Record Growth in Monthly Transacting Users and GMV
Grab reported a remarkable year-over-year increase of 6 million in monthly transacting users, reaching a total of 48 million. This surge in user base propelled a 24% year-on-year rise in on-demand gross merchandise value (GMV), underscoring the company’s expanding market reach and user engagement.
Strong Profitability Improvement
The company achieved a significant milestone with its group adjusted EBITDA rising by 51% year-on-year to a record $136 million. This marks the 15th consecutive quarter of sequential profitability improvement, reflecting Grab’s effective cost management and revenue growth strategies.
Significant Improvement in Free Cash Flow
Grab’s adjusted free cash flow saw a substantial improvement, increasing by $185 million year-on-year to $283 million on a trailing 12-month basis. This enhancement in cash flow indicates the company’s strengthened financial position and operational efficiency.
Positive Outlook for Financial Services
Grab’s financial services segment is on a promising trajectory, with the loan portfolio expected to exceed $1 billion by year-end. Loan dispersals have surged by 56% year-over-year, highlighting the segment’s growth potential and strategic importance.
Expansion of GrabMart and Quick Commerce Initiatives
GrabMart is experiencing rapid growth, outpacing the rate of food delivery by 1.5 times. The company’s experiments in quick commerce in Malaysia and Indonesia are yielding promising results, indicating potential for further expansion in these markets.
Challenges in Margin Expansion
Despite improving margins, Grab faces challenges in its Mart business, which remains underpenetrated with lower margins compared to food delivery. The rapid growth and scale challenges in this segment continue to impact overall profitability.
Increased Expected Credit Loss Provisions
The financial services segment has been impacted by an increase in expected credit losses due to accelerated loan growth. This development poses a challenge to the segment’s bottom line and requires careful management.
Higher Driver Incentives
To maintain service reliability, Grab has increased driver incentives, which has offset some gains from reduced consumer incentives. This strategic move underscores the company’s commitment to ensuring high service standards.
Forward-Looking Guidance
Looking ahead, Grab anticipates its financial services loan portfolio to exceed $1 billion by year-end, with an acceleration in full-year on-demand GMV growth from 2024 levels. The Mobility and Delivery segments are expected to achieve record GMV levels by the end of 2025. The company has raised its adjusted EBITDA guidance for the full year 2025 to between $490 million and $500 million, demonstrating confidence in its ability to drive sustainable long-term value.

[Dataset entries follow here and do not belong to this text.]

//! The file system, as a trait whose contracts list each step.
ghost use Rattle.std.specs.Prelude.{◌≡◌, ◌∷◌, [], ℕ, Bool, IfErr, IfOk, IfSome, List, None, OnErr};
ghost use Rattle.std.specs.Prelude.{OnOk, Option, false, is_some, not, true};
ghost use Rattle.sst_tool.specs.files.Words as spec;

use crate::files::read::{open_path, read_path};
use crate::files::{Contents, FileFault};
use lsm_files::ReadAt;
use sst_blocks::Slice;
use std::alloc::Allocator;
use std::fs::{File, Metadata, OpenFile, OpenOptions, Permissions};
use std::io::{ErrorKind, Write};
use std::os::unix::fs::OpenOptionsExt;
use std::path::Path;
use std::rt::Files;
use std::{fs, io};

/// A file system. [`Disk`] is that of the machine; in contracts another one can record each step.
pub trait Place {
    /// A regular file, which is read at an offset.
    type File: ReadAt + Drop;

    // The steps done, in their order, if known.
    ghost done: { Self → Option (List spec.Step) };

    // Whether a path is taken, if known.
    ghost there: { Self → List ℕ → Option Bool };

    // The bytes of the file at a path, if known.
    ghost content: { Self → List ℕ → Option (List ℕ) };

    // The mode of a path, if known: the file's kind and permissions, or none if the path is free.
    ghost modes: { Self → List ℕ → Option (Option ℕ) };

    /// Returns all bytes of a file.
    ///
    /// # Errors
    ///
    /// Fails if the file cannot be read to its end, and with `OutOfMemory`. A file whose bytes are
    /// known fails only with `OutOfMemory`.
    fn read<A: Allocator + Copy>(&self, alloc: A, path: &str) -> Result<Slice<A>, FileFault>
        ensures bytes { IfOk result (λ bytes.
            IfSome (content self.now path.now) (λ known. bytes ≡ known)) }
        ensures refused { IfErr result spec.IsReadFault }
        ensures known { IfErr result (λ fault.
            spec.is_memory_fault fault ≡ false → content self.now path.now ≡ None) };

    /// Opens a file, which is read at an offset. A file without a size, such as a pipe, is read to
    /// its end.
    ///
    /// # Errors
    ///
    /// Fails if the file cannot be opened, and with `OutOfMemory`. A file whose bytes are known
    /// fails only with `OutOfMemory`.
    fn open<A: Allocator + Copy>(
        &self,
        alloc: A,
        path: &str,
    ) -> Result<Contents<Self::File, A>, FileFault>
        ensures bytes { IfOk result (λ contents. IfSome (content self.now path.now)
            (λ known. spec.bytes_in Self.File.bytes contents ≡ known)) }
        ensures refused { IfErr result spec.IsReadFault }
        ensures known { IfErr result (λ fault.
            spec.is_memory_fault fault ≡ false → content self.now path.now ≡ None) };

    /// Returns the metadata of a path, or `None` if the path is free. Links are not followed.
    ///
    /// # Errors
    ///
    /// Fails if the system cannot look up the path.
    fn look(&self, path: &str) -> io::Result<Option<Metadata>>
        ensures found { IfOk result (λ m.
            IfSome (there self.now path.now) (λ known. is_some m ≡ known)) }
        ensures mode { IfOk result (λ m.
            IfSome (modes self.now path.now) (λ known. spec.option_map spec.metadata_mode m
            ≡ known)) }
        ensures returned { OnErr result (there self.now path.now ≡ None) };

    /// Writes and syncs a new file, with these permissions if there are some. Returns `false` and
    /// changes nothing if the path is taken.
    ///
    /// # Errors
    ///
    /// After an error of the system no file is left, as far as the system removes it.
    fn write_new(
        &mut self,
        path: &str,
        bytes: &[u8],
        permissions: Option<&Permissions>,
    ) -> io::Result<bool>
        ensures written { IfOk result (λ free. done self.new
            ≡ spec.then_done (done self.old) (spec.written_if free path.now bytes.now
            (spec.requested_mode permissions.entry))) }
        ensures refused { OnErr result (done self.new ≡ done self.old) }
        ensures free { IfOk result (λ free.
            IfSome (there self.old path.now) (λ known. free ≡ not known)) }
        ensures kept { IfOk result (λ free. free ≡ false → there self.new ≡ there self.old) }
        ensures elsewhere { spec.SameElsewhere path.now (there self.old) (there self.new) }
        ensures same { IfOk result (λ free. free ≡ false → modes self.new ≡ modes self.old) }
        ensures beside { spec.SameElsewhere path.now (modes self.old) (modes self.new) };

    /// Renames a file, and replaces the file that has the new name.
    ///
    /// # Errors
    ///
    /// Fails with an error of the system. Nothing is changed then.
    fn rename(&mut self, from: &str, to: &str) -> io::Result<()>
        ensures renamed { OnOk result
            (done self.new ≡ spec.then_done (done self.old) (spec.Renamed from.now to.now ∷ [])) }
        ensures refused { OnErr result (done self.new ≡ done self.old) };

    /// Removes a file. An error of the system is ignored.
    fn remove(&mut self, path: &str)
        ensures { done self.new ≡ spec.then_done (done self.old) (spec.Removed path.now ∷ []) };

    /// Makes a folder.
    ///
    /// # Errors
    ///
    /// Fails with an error of the system, as if the path is taken. Nothing is changed then.
    fn make_folder(&mut self, path: &str) -> io::Result<()>
        ensures made { OnOk result
            (done self.new ≡ spec.then_done (done self.old) (spec.MadeFolder path.now ∷ [])) }
        ensures refused { OnErr result (done self.new ≡ done self.old) }
        ensures taken { IfErr result (λ e. spec.error_kind e ≡ ErrorKind.AlreadyExists
            → IfSome (there self.old path.now) (λ known. known ≡ true)) }
        ensures kept { OnErr result (there self.new ≡ there self.old) }
        ensures elsewhere { spec.SameElsewhere path.now (there self.old) (there self.new) };

    /// Removes an empty folder. An error of the system is ignored.
    fn remove_folder(&mut self, path: &str)
        ensures { done self.new ≡ spec.then_done (done self.old)
            (spec.RemovedFolder path.now ∷ []) };

    /// Renames a folder with all its files. The new name is free or an empty folder.
    ///
    /// # Errors
    ///
    /// Fails with an error of the system. Nothing is changed then.
    fn rename_folder(&mut self, from: &str, to: &str) -> io::Result<()>
        ensures renamed { OnOk result
            (done self.new ≡ spec.then_done (done self.old)
            (spec.RenamedFolder from.now to.now ∷ [])) }
        ensures refused { OnErr result (done self.new ≡ done self.old) };

    /// Syncs a folder, which makes the names in it durable.
    ///
    /// # Errors
    ///
    /// Fails with an error of the system.
    fn sync_names(&mut self, folder: &str) -> io::Result<()>
        ensures synced { OnOk result
            (done self.new ≡ spec.then_done (done self.old) (spec.SyncedNames folder.now ∷ [])) }
        ensures refused { OnErr result (done self.new ≡ done self.old) }
        ensures kept { there self.new ≡ there self.old };

    /// Syncs the parent folder of a path, which makes its name durable.
    ///
    /// # Errors
    ///
    /// Fails with an error of the system.
    fn sync_folder(&mut self, path: &str) -> io::Result<()>
        ensures synced { OnOk result
            (done self.new ≡ spec.then_done (done self.old) (spec.Synced path.now ∷ [])) }
        ensures refused { OnErr result (done self.new ≡ done self.old) };
}

/// The file system of the machine. Contracts know nothing about its files.
#[derive(Clone, Copy)]
pub struct Disk<'r, R: Files> {
    /// The handle of the system's files.
    pub files: &'r R,
}

impl<'r, R: Files<File = File>> Place for Disk<'r, R> {
    type File = File;

    ghost done = { λ _. None };

    ghost there = { λ _ _. None };

    ghost content = { λ _ _. None };

    ghost modes = { λ _ _. None };

    fn read<A: Allocator + Copy>(&self, alloc: A, path: &str) -> Result<Slice<A>, FileFault> {
        read_path(self.files, alloc, path)
    }

    fn open<A: Allocator + Copy>(
        &self,
        alloc: A,
        path: &str,
    ) -> Result<Contents<File, A>, FileFault> {
        open_path(self.files, alloc, path)
    }

    fn look(&self, path: &str) -> io::Result<Option<Metadata>> {
        match fs::symlink_metadata(self.files, path) {
            Ok(metadata) => Ok(Some(metadata)),
            Err(error) if error.kind() == ErrorKind::NotFound => Ok(None),
            Err(error) => Err(error),
        }
    }

    fn write_new(
        &mut self,
        path: &str,
        bytes: &[u8],
        permissions: Option<&Permissions>,
    ) -> io::Result<bool> {
        let mut options = OpenOptions::new();
        options.write(true).create_new(true);
        if permissions.is_some() {
            // The file stays private until it has its permissions.
            options.mode(0o600);
        }
        let filled = match options.open(self.files, path) {
            Ok(mut file) => fill(&mut file, bytes, permissions),
            Err(error) if error.kind() == ErrorKind::AlreadyExists => return Ok(false),
            Err(error) => return Err(error),
        };
        if let Err(error) = filled {
            let _ = fs::remove_file(self.files, path);
            return Err(error);
        }
        Ok(true)
    }

    fn rename(&mut self, from: &str, to: &str) -> io::Result<()> {
        fs::rename(self.files, from, to)
    }

    fn remove(&mut self, path: &str) {
        let _ = fs::remove_file(self.files, path);
    }

    fn make_folder(&mut self, path: &str) -> io::Result<()> {
        fs::create_dir(self.files, path)
    }

    fn remove_folder(&mut self, path: &str) {
        let _ = fs::remove_dir(self.files, path);
    }

    fn rename_folder(&mut self, from: &str, to: &str) -> io::Result<()> {
        fs::rename(self.files, from, to)
    }

    fn sync_names(&mut self, folder: &str) -> io::Result<()> {
        sync_path(self.files, folder)
    }

    fn sync_folder(&mut self, path: &str) -> io::Result<()> {
        sync_path(self.files, folder_of(path))
    }
}

// Syncs the file or folder at a path.
fn sync_path<R: Files>(files: &R, path: &str) -> io::Result<()> {
    fs::open(files, path)?.sync_all()
}

// Sets the permissions of a new file, if there are some, writes its bytes and syncs it.
fn fill<F: Write + OpenFile>(
    file: &mut F,
    bytes: &[u8],
    permissions: Option<&Permissions>,
) -> io::Result<()>
    ensures { OnOk result (spec.Appends (F.contents file.old) (F.contents file.new) bytes.now) }
{
    if let Some(permissions) = permissions {
        file.set_permissions(permissions.clone()?)?;
    }
    file.write_all(bytes)?;
    file.sync_all()
}

// Returns the parent folder of a path, or the current folder.
fn folder_of(path: &str) -> &str
    ensures { result.now ≡ spec.folder_of path.now }
{
    match Path::new(path).parent() {
        Some(folder) => or_here(folder.as_os_str()),
        None => or_here(""),
    }
}

// Returns the folder, or the current folder if it is empty.
fn or_here(folder: &str) -> &str
    ensures { result.now ≡ spec.or_here folder.now }
{
    if folder.is_empty() { "." } else { folder }
}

In summary, Grab’s earnings call reflected a positive outlook with significant achievements in user growth, profitability, and cash flow improvement. While challenges in margin expansion and credit loss provisions persist, the company’s strategic initiatives in financial services and quick commerce offer promising prospects for future growth. Grab remains focused on driving sustainable value through accessibility, affordability, and reliability.